The letter also highlights the use of state force to keep UNPACU members from leaving their homes and the group’s headquarters.
“Since February 11th, the regime’s repressive forces have permanently surrounded the organization’s headquarters and have arrested those that attempt to enter or exit. For example, a 16-year-old has been beaten and detained as he left the headquarters in search of food for his 23-month-old niece since food items were stolen during the raid,” the letter reads. “Although repression has been occurring with unusual fury in the last few days, actually since our campaign for the ‘NO’ to the Constitution began, the regime has increased its attacks against us.”
The signatories to the letter – 89 UNPACU members who have committed to a hunger strike against the regime – “respectfully ask that [Trump] join us in denouncing the fraud of the illegitimate Constitution.”

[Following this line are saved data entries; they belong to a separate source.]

//! The tokens of a script, from its first byte on.

ghost use Rattle.std.specs.Prelude.{◌≡◌, ◌<◌, ◌+◌, ◌^◌, length, IfOk};
ghost use Rattle.sql_lex.specs.Tokens.{IsTokens, token_at as the_token};

use crate::step::{Step, next_step};
use crate::{Lexeme, Position, Token, Tokens};
use sql_texts::NoMemory;
use std::alloc::Global;

// The token of a lexeme with its number, its place and its length.
fn token_at(lexeme: Lexeme, number: usize, position: Position, width: usize) -> Token
    requires { position.at + width < 2 ^ 63 }
    ensures { result ≡ the_token lexeme number position width }
{
    Token {
        lexeme,
        number,
        start: position.at,
        end: position.at + width,
        line: position.line,
        column: position.column,
    }
}

/// The tokens of a script.
///
/// # Errors
///
/// `NoMemory` comes only where memory was refused.
pub fn tokens(alloc: Global, bytes: &[u8]) -> Result<Tokens, NoMemory>
    ensures { IfOk result (λ t. IsTokens bytes.now t) }
{
    let mut list = Vec::new(alloc);
    let mut position = Position::ORIGIN;
    while position.at < bytes.len() {
        let rest = &bytes[position.at..];
        match next_step(alloc, rest)? {
            Step::Gap(width) => position = position.past(&rest[..width]),
            Step::Token(lexeme, width) => {
                list.push(token_at(lexeme, list.len(), position, width))?;
                position = position.past(&rest[..width]);
            }
            Step::Bad => {
                list.push(token_at(Lexeme::Bad, list.len(), position, 1))?;
                position = position.past(rest);
            }
        }
    }
    Ok(Tokens::of(list, position))
}
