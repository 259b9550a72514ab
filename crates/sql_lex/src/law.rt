//! Laws of tokens. Each function does nothing; its contract is the law.

ghost use Rattle.std.specs.Prelude.{◌≡◌, ◌≤◌, ◌++◌, List, ℕ, length};
ghost use Rattle.sql_lex.specs.declared.token.Lexeme.{Lexeme};
ghost use Rattle.sql_lex.specs.Tokens.{IsLexeme, IsTokens, Lexing, Spells};

/// Each script has one list of tokens, and no other.
pub fn each_script_has_one_lexing()
    ensures one { (bytes : List ℕ) → (t : Lexing) × IsTokens bytes t }
    ensures no_other { (bytes : List ℕ) (t u : Lexing) → IsTokens bytes t → IsTokens bytes u →
        t ≡ u }
{}

/// A token is the longest that begins at its place: whatever spells a lexeme there is no longer.
pub fn each_token_is_the_longest()
    ensures { (l other : Lexeme) (bytes rest front more : List ℕ) → IsLexeme l bytes rest →
        bytes ++ rest ≡ front ++ more → Spells other front → length front ≤ length bytes }
{}
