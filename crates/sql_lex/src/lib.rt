//! The tokens of a script.
#![tactic(auto)]

mod law;
mod lexer;
mod position;
mod sign;
mod step;
mod token;
mod token_list;
mod word;

pub use law::{each_script_has_one_lexing, each_token_is_the_longest};
pub use lexer::tokens;
use position::Position;
pub use sign::Sign;
pub use token::{Lexeme, Token, TokenKind};
pub use token_list::{Tokens, opens, place};
pub use word::Word;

When the head of UNPACU, José Daniel Ferrer, announced the hunger strike this month, the group had 23 participants. It has since expanded an includes prominent activists like Tomás Nuñez Magdariaga, who completed a 62-day hunger strike last year, and Zaqueo Báez, the protesters famously beaten and arrested on video in front of Pope Francis for saying the word “freedom” too close to the papal convoy in 2015.
UNPACU has begun releasing a series of videos of the hunger strikers explaining the reasons for their protest. “I am on hunger strike to end communism,” one says to the camera. “I am on hunger strike to reveal the lies and farce of the Cuban regime,” another declares.
Those who cannot join the hunger strike but are in solidarity with the project have also produced video messages. Below, an UNPACU member expresses her support to colleagues, noting she is not participating in the hunger strike because she is five months pregnant. Despite her health status, she says she, too, was a victim of police brutality for publicly stating she would vote against the referendum.
Other dissidents and unaffiliated Cubans who publicly expressed disapproval of the new constitution have complained of beatings, arrests, and threats. Speaking to 14 y medio, a Cuban independent newspaper, activists said police threatened to “lock [them] in a dungeon” if they did not stop campaigning for the “no” vote, which any Cuban can legal cast in Sunday’s election. Ferrer, the head of UNPACU, was beaten and arrested for displaying a poster reading “I Vote No” in a public park.
February 24, the date of the referendum, is the 23rd anniversary of the murder of Carlos Costa, Armando Alejandre, Mario de la Peña, and Pablo Morales – four Cuban-American pilots working for a project called Brothers to the Rescue in which they would fly over the Caribbean looking for Cuban refugees adrift to save their lives. Fidel Castro ordered their planes shot down over international waters, an international crime, but President Bill Clinton did nothing to bring the Castro regime to justice.
The day before, February 23, the Cuban dissident movement observes the death of Orlando Zapata Tamayo, who died in a Cuban prison in 2010 of a hunger strike against the regime. He spent the last seven years of his life behind bars for opposing communism.